### DATA EXTRACT
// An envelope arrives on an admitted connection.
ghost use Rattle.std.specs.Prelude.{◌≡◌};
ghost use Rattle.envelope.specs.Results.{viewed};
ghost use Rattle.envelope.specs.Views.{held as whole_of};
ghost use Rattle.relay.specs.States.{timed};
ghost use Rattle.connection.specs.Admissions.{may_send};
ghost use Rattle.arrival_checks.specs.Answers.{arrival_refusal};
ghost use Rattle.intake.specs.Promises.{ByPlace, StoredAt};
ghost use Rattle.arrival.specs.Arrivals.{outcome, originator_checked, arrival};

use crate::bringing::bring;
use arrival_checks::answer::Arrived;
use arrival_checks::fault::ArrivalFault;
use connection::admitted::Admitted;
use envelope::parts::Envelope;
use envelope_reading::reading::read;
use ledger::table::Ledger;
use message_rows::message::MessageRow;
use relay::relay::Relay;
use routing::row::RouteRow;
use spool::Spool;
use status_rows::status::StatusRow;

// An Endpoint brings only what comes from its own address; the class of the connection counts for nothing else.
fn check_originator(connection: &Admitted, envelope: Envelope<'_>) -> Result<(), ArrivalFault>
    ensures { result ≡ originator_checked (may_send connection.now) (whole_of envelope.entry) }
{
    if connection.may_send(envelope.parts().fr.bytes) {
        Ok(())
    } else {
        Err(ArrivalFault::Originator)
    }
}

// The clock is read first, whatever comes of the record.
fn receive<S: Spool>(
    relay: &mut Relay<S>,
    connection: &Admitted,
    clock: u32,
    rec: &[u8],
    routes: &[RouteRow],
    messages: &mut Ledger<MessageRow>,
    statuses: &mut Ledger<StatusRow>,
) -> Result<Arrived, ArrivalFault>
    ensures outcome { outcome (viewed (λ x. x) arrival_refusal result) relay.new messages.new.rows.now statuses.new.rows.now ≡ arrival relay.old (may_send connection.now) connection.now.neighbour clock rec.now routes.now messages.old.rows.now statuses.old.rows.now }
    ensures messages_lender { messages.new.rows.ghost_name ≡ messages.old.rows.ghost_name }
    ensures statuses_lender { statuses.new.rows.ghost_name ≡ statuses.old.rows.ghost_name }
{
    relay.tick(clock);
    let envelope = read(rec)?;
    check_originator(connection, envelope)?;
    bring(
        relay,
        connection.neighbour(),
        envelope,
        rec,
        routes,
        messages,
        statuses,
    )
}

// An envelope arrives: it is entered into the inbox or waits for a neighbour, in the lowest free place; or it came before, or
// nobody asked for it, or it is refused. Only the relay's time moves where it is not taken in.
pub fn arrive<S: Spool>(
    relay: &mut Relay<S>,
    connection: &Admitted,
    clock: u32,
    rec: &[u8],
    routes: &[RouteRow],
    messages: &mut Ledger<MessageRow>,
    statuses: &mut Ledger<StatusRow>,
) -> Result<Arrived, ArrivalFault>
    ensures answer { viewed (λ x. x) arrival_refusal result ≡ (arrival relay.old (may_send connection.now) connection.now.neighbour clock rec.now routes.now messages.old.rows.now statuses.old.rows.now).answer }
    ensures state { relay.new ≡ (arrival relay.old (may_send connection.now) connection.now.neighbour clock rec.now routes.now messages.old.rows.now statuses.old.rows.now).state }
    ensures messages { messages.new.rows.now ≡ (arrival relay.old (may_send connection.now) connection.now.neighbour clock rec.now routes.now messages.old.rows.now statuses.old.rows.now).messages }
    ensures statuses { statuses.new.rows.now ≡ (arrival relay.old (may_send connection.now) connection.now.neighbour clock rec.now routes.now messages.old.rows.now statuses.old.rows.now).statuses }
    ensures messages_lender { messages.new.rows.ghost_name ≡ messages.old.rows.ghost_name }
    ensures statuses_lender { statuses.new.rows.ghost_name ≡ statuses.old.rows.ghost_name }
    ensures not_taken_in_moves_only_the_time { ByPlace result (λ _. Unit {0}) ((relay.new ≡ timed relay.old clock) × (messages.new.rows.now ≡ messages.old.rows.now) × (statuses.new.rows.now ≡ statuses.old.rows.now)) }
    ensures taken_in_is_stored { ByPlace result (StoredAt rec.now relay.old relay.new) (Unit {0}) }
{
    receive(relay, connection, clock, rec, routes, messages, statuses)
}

### ACTIVITY
Each record should be given again exactly as it reads.

### WRITTEN SOLUTION
// An envelope arrives on an admitted connection.
ghost use Rattle.std.specs.Prelude.{◌≡◌};
ghost use Rattle.envelope.specs.Results.{viewed};
ghost use Rattle.envelope.specs.Views.{held as whole_of};
ghost use Rattle.relay.specs.States.{timed};
ghost use Rattle.connection.specs.Admissions.{may_send};
ghost use Rattle.arrival_checks.specs.Answers.{arrival_refusal};
ghost use Rattle.intake.specs.Promises.{ByPlace, StoredAt};
ghost use Rattle.arrival.specs.Arrivals.{outcome, originator_checked, arrival};

use crate::bringing::bring;
use arrival_checks::answer::Arrived;
use arrival_checks::fault::ArrivalFault;
use connection::admitted::Admitted;
use envelope::parts::Envelope;
use envelope_reading::reading::read;
use ledger::table::Ledger;
use message_rows::message::MessageRow;
use relay::relay::Relay;
use routing::row::RouteRow;
use spool::Spool;
use status_rows::status::StatusRow;

// An Endpoint brings only what comes from its own address; the class of the connection counts for nothing else.
fn check_originator(connection: &Admitted, envelope: Envelope<'_>) -> Result<(), ArrivalFault>
    ensures { result ≡ originator_checked (may_send connection.now) (whole_of envelope.entry) }
{
    if connection.may_send(envelope.parts().fr.bytes) {
        Ok(())
    } else {
        Err(ArrivalFault::Originator)
    }
}

// The clock is read first, whatever comes of the record.
fn receive<S: Spool>(
    relay: &mut Relay<S>,
    connection: &Admitted,
    clock: u32,
    rec: &[u8],
    routes: &[RouteRow],
    messages: &mut Ledger<MessageRow>,
    statuses: &mut Ledger<StatusRow>,
) -> Result<Arrived, ArrivalFault>
    ensures outcome { outcome (viewed (λ x. x) arrival_refusal result) relay.new messages.new.rows.now statuses.new.rows.now ≡ arrival relay.old (may_send connection.now) connection.now.neighbour clock rec.now routes.now messages.old.rows.now statuses.old.rows.now }
    ensures messages_lender { messages.new.rows.ghost_name ≡ messages.old.rows.ghost_name }
    ensures statuses_lender { statuses.new.rows.ghost_name ≡ statuses.old.rows.ghost_name }
{
    relay.tick(clock);
    let envelope = read(rec)?;
    check_originator(connection, envelope)?;
    bring(
        relay,
        connection.neighbour(),
        envelope,
        rec,
        routes,
        messages,
        statuses,
    )
}

// An envelope arrives: it is entered into the inbox or waits for a neighbour, in the lowest free place; or it came before, or
// nobody asked for it, or it is refused. Only the relay's time moves where it is not taken in.
pub fn arrive<S: Spool>(
    relay: &mut Relay<S>,
    connection: &Admitted,
    clock: u32,
    rec: &[u8],
    routes: &[RouteRow],
    messages: &mut Ledger<MessageRow>,
    statuses: &mut Ledger<StatusRow>,
) -> Result<Arrived, ArrivalFault>
    ensures answer { viewed (λ x. x) arrival_refusal result ≡ (arrival relay.old (may_send connection.now) connection.now.neighbour clock rec.now routes.now messages.old.rows.now statuses.old.rows.now).answer }
    ensures state { relay.new ≡ (arrival relay.old (may_send connection.now) connection.now.neighbour clock rec.now routes.now messages.old.rows.now statuses.old.rows.now).state }
    ensures messages { messages.new.rows.now ≡ (arrival relay.old (may_send connection.now) connection.now.neighbour clock rec.now routes.now messages.old.rows.now statuses.old.rows.now).messages }
    ensures statuses { statuses.new.rows.now ≡ (arrival relay.old (may_send connection.now) connection.now.neighbour clock rec.now routes.now messages.old.rows.now statuses.old.rows.now).statuses }
    ensures messages_lender { messages.new.rows.ghost_name ≡ messages.old.rows.ghost_name }
    ensures statuses_lender { statuses.new.rows.ghost_name ≡ statuses.old.rows.ghost_name }
    ensures not_taken_in_moves_only_the_time { ByPlace result (λ _. Unit {0}) ((relay.new ≡ timed relay.old clock) × (messages.new.rows.now ≡ messages.old.rows.now) × (statuses.new.rows.now ≡ statuses.old.rows.now)) }
    ensures taken_in_is_stored { ByPlace result (StoredAt rec.now relay.old relay.new) (Unit {0}) }
{
    receive(relay, connection, clock, rec, routes, messages, statuses)
}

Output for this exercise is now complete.